- Opening Delimiter -

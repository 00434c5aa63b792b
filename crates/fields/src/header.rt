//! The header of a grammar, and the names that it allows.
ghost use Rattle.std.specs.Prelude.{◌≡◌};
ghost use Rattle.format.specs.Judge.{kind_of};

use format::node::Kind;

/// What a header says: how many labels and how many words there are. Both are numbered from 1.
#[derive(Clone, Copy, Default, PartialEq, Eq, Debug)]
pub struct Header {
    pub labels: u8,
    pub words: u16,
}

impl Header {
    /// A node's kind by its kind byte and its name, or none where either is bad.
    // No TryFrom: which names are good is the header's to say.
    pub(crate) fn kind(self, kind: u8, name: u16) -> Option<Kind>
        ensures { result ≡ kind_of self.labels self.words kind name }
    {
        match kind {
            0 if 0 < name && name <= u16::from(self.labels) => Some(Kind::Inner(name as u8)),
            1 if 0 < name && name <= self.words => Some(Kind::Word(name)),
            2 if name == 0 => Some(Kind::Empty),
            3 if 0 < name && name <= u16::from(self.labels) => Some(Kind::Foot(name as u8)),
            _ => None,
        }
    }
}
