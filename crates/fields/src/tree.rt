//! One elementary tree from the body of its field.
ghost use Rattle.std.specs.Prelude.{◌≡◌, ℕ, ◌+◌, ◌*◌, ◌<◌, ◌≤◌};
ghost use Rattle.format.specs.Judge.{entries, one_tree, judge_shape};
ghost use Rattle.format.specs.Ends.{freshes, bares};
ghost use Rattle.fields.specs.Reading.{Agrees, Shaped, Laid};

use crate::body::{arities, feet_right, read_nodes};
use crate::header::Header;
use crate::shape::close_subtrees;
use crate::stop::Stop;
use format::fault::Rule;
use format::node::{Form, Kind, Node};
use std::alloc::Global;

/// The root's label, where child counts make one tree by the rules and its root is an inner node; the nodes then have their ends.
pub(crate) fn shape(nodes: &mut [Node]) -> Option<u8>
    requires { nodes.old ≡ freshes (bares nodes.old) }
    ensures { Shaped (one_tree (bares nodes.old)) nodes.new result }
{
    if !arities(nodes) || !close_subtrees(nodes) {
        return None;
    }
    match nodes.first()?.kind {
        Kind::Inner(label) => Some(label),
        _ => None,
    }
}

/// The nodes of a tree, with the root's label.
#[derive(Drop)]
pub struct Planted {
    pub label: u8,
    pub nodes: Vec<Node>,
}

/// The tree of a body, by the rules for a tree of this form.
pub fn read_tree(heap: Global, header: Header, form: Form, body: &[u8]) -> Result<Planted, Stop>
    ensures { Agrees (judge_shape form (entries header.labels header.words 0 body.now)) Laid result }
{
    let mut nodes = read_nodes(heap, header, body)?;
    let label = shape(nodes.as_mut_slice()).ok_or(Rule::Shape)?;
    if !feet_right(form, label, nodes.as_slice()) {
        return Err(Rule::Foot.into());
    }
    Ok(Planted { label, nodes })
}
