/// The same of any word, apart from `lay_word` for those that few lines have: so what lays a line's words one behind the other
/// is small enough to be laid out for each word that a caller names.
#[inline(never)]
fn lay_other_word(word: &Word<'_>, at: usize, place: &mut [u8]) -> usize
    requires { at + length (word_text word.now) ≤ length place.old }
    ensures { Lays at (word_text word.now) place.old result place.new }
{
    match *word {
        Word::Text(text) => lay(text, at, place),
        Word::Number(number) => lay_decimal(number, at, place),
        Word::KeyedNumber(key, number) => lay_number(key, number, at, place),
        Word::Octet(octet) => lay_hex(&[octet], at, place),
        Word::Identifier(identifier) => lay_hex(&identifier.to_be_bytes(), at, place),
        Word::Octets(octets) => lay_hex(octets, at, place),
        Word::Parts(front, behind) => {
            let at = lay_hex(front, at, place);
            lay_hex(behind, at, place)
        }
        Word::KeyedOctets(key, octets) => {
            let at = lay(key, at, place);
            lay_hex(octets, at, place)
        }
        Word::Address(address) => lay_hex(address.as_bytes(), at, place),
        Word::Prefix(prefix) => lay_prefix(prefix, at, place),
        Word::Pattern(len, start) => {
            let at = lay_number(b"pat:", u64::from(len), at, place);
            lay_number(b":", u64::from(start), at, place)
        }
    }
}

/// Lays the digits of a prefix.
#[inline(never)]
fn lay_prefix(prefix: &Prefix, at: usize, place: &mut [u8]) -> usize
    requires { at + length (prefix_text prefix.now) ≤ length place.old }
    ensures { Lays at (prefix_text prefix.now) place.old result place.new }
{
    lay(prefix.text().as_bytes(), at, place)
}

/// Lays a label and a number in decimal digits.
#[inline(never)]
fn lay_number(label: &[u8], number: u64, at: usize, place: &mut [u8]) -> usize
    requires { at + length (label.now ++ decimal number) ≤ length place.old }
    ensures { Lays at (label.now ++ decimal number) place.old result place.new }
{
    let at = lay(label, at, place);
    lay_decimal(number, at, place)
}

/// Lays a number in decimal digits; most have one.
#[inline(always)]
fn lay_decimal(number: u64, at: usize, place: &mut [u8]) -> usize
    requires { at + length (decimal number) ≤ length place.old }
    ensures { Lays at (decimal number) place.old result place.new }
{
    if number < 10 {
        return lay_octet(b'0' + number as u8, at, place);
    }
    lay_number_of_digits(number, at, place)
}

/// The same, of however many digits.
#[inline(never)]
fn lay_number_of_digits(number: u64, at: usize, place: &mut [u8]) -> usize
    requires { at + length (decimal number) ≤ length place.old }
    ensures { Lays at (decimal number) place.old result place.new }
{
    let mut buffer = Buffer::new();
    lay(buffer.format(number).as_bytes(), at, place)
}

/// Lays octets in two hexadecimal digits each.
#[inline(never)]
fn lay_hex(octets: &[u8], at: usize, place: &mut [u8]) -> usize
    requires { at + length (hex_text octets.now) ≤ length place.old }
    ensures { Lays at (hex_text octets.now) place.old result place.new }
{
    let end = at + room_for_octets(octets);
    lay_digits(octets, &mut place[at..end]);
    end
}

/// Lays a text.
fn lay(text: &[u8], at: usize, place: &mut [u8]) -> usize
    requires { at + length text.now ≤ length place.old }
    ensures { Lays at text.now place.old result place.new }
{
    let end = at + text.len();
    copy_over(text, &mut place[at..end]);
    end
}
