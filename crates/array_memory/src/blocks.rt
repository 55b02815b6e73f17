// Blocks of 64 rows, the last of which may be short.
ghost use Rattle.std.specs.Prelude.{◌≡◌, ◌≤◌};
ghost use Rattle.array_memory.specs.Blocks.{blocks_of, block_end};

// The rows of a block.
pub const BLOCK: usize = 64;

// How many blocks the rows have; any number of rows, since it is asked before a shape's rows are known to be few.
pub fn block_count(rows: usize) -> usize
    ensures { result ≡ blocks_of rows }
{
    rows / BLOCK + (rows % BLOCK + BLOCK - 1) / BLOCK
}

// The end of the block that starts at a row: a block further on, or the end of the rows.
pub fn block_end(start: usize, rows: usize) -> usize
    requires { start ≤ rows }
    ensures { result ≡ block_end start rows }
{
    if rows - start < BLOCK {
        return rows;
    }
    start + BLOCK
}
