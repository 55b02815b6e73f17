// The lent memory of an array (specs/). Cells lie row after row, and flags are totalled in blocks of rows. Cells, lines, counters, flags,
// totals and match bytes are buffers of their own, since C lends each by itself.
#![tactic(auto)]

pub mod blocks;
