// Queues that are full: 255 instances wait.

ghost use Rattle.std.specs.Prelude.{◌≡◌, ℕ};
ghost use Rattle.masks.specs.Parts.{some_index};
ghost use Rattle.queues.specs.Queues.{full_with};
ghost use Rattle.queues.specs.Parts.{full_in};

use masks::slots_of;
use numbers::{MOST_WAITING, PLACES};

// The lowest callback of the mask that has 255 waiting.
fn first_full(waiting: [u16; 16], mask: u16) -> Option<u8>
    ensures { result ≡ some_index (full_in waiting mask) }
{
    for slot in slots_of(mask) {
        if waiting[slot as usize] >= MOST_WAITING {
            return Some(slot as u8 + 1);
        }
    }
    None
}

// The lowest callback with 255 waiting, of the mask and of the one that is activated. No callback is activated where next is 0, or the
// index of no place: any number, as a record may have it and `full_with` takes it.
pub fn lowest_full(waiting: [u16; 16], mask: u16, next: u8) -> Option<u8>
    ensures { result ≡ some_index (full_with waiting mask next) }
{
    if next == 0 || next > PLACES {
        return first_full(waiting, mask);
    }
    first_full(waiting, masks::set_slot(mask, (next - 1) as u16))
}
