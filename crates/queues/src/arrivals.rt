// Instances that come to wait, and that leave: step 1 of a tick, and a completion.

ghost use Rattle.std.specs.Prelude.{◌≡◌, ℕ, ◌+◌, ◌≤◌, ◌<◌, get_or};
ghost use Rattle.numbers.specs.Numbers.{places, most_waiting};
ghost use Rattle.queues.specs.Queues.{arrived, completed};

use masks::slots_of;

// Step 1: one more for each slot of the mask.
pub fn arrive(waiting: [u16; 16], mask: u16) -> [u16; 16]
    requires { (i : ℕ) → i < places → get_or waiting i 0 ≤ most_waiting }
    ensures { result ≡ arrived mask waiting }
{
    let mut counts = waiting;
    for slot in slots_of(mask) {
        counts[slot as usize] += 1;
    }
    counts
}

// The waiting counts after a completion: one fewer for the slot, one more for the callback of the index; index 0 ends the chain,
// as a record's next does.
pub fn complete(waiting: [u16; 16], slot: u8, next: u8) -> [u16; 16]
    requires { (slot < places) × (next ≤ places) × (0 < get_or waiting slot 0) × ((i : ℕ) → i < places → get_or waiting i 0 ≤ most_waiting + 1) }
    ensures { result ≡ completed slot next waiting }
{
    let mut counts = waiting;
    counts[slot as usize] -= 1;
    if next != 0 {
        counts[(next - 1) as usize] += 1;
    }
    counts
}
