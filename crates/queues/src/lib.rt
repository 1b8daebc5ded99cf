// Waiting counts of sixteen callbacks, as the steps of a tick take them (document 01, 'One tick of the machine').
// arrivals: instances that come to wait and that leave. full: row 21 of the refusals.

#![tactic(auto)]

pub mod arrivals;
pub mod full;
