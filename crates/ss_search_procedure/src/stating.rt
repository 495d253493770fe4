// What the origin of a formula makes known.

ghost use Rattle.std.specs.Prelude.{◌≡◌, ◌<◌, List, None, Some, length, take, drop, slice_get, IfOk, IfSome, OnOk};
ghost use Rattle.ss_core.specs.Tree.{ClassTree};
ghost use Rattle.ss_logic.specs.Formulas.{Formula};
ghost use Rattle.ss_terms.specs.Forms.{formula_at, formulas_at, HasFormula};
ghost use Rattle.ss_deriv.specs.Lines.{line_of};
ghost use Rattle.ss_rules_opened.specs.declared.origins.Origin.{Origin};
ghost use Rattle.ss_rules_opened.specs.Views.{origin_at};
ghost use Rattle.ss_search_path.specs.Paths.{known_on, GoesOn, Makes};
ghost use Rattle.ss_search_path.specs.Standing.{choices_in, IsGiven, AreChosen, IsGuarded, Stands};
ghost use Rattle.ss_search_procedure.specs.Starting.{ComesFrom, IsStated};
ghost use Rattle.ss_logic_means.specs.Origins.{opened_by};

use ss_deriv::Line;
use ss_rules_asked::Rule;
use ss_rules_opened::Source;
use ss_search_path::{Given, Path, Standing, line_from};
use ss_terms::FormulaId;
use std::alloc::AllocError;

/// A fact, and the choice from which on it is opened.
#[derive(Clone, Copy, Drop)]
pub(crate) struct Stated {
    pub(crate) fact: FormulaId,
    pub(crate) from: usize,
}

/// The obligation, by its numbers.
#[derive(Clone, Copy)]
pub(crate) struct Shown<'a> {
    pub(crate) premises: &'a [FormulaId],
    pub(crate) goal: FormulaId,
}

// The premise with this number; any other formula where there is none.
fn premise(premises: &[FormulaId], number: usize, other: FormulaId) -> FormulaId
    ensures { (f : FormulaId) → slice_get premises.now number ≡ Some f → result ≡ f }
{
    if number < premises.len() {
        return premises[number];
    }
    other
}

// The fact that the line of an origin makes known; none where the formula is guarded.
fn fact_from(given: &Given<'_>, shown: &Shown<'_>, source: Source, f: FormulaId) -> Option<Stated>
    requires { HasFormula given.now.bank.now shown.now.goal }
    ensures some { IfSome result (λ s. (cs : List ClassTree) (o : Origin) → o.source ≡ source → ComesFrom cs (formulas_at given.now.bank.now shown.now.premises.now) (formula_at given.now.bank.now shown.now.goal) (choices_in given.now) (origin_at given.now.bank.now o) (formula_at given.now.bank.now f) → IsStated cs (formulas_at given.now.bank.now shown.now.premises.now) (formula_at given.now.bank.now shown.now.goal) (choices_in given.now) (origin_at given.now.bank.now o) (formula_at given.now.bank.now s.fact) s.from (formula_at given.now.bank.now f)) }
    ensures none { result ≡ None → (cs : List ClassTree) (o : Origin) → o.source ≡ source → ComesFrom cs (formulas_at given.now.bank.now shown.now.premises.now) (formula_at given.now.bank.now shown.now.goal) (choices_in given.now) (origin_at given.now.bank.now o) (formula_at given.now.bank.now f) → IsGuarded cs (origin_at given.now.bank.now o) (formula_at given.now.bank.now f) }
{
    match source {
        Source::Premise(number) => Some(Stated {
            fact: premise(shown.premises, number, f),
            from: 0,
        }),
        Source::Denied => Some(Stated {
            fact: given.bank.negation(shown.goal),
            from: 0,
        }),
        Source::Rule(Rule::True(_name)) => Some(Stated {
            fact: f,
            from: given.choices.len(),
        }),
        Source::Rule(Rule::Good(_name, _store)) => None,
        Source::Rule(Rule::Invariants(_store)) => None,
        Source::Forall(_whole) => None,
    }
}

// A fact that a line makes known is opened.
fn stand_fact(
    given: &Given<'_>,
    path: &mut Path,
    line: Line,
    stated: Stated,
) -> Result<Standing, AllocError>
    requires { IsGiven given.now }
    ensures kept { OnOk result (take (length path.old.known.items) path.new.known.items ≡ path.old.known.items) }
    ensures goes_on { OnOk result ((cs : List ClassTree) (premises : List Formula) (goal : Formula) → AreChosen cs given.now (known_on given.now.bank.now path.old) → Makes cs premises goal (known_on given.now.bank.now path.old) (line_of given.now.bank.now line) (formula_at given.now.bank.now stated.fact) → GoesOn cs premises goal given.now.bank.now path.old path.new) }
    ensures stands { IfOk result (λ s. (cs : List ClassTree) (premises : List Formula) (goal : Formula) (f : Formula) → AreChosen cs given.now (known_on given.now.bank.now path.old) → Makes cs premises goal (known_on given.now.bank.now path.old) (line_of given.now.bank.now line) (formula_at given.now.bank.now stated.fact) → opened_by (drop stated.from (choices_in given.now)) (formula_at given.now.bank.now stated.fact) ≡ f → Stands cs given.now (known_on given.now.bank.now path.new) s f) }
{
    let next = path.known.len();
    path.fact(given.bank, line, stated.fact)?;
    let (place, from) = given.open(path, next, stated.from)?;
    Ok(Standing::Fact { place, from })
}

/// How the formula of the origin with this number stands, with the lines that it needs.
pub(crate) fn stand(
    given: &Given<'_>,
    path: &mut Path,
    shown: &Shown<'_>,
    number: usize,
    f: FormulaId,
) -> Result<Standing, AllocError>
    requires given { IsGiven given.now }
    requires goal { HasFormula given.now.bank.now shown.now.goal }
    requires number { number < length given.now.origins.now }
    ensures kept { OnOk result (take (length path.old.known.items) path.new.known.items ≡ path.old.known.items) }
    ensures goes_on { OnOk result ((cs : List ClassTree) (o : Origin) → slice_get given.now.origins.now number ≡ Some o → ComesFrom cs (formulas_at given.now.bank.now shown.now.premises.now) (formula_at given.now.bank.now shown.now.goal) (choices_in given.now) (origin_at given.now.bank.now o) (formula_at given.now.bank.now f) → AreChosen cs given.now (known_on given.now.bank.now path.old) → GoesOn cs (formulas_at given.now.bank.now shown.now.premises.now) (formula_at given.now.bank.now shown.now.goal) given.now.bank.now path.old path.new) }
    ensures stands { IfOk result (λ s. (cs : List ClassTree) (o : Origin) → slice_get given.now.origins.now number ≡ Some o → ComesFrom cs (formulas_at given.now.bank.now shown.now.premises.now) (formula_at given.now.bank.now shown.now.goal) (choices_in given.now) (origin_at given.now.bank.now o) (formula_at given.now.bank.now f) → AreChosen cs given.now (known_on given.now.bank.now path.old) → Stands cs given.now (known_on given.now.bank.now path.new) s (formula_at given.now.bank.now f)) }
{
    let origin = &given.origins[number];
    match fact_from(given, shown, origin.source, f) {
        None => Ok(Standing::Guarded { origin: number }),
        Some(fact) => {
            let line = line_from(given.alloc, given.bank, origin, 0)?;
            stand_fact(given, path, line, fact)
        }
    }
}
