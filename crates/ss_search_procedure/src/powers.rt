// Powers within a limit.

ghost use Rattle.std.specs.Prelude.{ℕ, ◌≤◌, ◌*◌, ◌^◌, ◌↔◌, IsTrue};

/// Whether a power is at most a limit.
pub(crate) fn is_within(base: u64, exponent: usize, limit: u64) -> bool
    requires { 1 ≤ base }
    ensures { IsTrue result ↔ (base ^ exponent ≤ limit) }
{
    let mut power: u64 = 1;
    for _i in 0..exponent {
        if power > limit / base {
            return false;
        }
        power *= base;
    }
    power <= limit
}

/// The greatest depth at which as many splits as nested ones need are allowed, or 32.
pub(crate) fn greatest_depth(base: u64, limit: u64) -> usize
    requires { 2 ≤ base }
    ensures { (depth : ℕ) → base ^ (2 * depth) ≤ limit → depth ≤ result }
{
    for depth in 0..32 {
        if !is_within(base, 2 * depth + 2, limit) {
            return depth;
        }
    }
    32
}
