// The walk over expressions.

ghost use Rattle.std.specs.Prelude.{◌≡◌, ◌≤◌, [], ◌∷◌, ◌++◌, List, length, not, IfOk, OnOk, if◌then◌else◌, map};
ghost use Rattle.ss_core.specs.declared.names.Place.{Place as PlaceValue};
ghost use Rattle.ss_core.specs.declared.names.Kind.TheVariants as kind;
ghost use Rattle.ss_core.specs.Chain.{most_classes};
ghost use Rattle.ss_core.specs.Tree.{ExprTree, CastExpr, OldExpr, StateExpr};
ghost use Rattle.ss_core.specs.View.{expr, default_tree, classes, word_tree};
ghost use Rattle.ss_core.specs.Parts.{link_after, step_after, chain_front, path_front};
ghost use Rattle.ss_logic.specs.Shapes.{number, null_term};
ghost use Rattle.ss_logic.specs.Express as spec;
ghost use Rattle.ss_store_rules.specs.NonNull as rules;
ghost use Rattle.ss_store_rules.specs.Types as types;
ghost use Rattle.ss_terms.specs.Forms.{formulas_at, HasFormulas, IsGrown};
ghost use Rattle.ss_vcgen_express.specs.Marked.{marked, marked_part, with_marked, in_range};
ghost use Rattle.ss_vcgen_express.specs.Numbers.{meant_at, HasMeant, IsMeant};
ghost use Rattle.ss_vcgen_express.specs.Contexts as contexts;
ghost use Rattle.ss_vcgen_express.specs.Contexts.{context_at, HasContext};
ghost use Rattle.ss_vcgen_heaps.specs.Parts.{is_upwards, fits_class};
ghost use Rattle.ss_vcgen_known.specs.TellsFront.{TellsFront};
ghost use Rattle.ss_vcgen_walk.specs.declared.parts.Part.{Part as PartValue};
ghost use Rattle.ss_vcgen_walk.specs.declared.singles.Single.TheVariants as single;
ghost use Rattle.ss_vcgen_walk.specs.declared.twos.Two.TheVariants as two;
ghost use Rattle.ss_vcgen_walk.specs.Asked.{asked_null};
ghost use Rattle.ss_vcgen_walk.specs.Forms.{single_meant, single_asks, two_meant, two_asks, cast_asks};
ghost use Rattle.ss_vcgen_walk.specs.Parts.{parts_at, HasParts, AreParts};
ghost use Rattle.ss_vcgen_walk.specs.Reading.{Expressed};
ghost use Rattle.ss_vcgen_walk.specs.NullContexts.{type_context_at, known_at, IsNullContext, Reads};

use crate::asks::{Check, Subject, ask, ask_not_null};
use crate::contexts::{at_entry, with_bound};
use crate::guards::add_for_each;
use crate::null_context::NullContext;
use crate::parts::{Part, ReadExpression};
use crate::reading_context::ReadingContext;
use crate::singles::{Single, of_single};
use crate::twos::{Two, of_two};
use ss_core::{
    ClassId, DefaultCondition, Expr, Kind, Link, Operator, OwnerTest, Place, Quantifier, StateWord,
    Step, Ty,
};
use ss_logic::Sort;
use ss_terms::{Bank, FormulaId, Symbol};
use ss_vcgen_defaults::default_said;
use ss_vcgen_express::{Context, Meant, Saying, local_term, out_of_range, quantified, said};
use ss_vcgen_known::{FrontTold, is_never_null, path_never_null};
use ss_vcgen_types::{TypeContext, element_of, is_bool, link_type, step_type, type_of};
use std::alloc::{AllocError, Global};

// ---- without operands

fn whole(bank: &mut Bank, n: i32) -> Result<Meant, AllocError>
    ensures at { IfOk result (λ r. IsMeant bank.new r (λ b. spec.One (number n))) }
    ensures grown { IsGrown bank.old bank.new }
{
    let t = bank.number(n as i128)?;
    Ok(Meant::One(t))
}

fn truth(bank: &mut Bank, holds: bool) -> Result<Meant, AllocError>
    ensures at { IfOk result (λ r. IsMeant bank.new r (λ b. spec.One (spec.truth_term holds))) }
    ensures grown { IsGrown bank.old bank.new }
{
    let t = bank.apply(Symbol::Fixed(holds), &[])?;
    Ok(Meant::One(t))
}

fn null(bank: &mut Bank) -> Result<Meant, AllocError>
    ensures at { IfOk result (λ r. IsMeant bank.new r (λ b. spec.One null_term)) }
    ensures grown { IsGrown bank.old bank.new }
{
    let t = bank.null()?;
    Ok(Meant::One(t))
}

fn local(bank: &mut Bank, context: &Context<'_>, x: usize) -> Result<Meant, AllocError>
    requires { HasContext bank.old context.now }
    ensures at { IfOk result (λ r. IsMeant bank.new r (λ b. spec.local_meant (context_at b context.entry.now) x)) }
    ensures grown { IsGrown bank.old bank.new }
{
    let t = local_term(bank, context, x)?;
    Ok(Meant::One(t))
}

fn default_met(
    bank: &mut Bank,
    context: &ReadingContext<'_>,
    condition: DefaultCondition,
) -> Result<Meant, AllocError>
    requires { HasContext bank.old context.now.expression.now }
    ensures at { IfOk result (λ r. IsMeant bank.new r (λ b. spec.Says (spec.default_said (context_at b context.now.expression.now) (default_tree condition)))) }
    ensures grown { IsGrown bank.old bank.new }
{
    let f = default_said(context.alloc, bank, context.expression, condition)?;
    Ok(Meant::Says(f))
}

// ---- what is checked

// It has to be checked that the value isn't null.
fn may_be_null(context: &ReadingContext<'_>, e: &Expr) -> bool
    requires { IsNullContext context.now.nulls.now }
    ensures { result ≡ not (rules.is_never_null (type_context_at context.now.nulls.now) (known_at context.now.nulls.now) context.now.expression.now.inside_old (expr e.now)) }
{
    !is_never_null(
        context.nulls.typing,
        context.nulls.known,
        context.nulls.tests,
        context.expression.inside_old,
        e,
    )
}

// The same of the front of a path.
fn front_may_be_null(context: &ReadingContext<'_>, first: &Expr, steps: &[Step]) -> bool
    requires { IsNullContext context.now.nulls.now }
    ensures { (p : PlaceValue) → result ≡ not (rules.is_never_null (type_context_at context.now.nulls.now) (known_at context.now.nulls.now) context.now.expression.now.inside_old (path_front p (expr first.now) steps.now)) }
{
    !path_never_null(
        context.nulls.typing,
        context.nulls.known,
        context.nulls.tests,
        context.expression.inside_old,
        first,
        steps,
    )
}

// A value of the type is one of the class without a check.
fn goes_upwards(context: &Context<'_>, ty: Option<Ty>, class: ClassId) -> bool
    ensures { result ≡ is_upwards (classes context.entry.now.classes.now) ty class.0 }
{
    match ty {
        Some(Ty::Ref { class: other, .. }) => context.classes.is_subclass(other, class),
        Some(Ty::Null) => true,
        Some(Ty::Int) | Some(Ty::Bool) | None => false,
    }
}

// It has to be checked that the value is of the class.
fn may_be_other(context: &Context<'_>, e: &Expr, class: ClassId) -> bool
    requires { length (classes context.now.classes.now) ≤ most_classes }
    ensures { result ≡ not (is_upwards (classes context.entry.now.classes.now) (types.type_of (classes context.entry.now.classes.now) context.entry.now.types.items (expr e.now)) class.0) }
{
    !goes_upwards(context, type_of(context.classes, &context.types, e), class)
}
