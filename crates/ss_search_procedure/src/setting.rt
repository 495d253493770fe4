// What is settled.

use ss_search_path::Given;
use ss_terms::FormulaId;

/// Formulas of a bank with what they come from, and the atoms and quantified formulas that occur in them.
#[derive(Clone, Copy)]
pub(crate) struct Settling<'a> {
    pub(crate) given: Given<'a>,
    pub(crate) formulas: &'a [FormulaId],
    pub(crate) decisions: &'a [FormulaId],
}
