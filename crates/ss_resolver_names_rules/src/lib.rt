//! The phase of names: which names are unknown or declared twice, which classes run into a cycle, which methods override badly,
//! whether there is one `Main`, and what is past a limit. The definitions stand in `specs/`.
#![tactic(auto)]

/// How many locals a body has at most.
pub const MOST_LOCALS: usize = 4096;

- Closing Delimiter -

ABOUT THIS TASK → Scan the material above for lines that contain the string "Agrees", and copy each such line.

COMPLETED EXERCISE →
ghost use Rattle.fields.specs.Reading.{Agrees, Shaped, Laid};
    ensures { Agrees (judge_shape form (entries header.labels header.words 0 body.now)) Laid result }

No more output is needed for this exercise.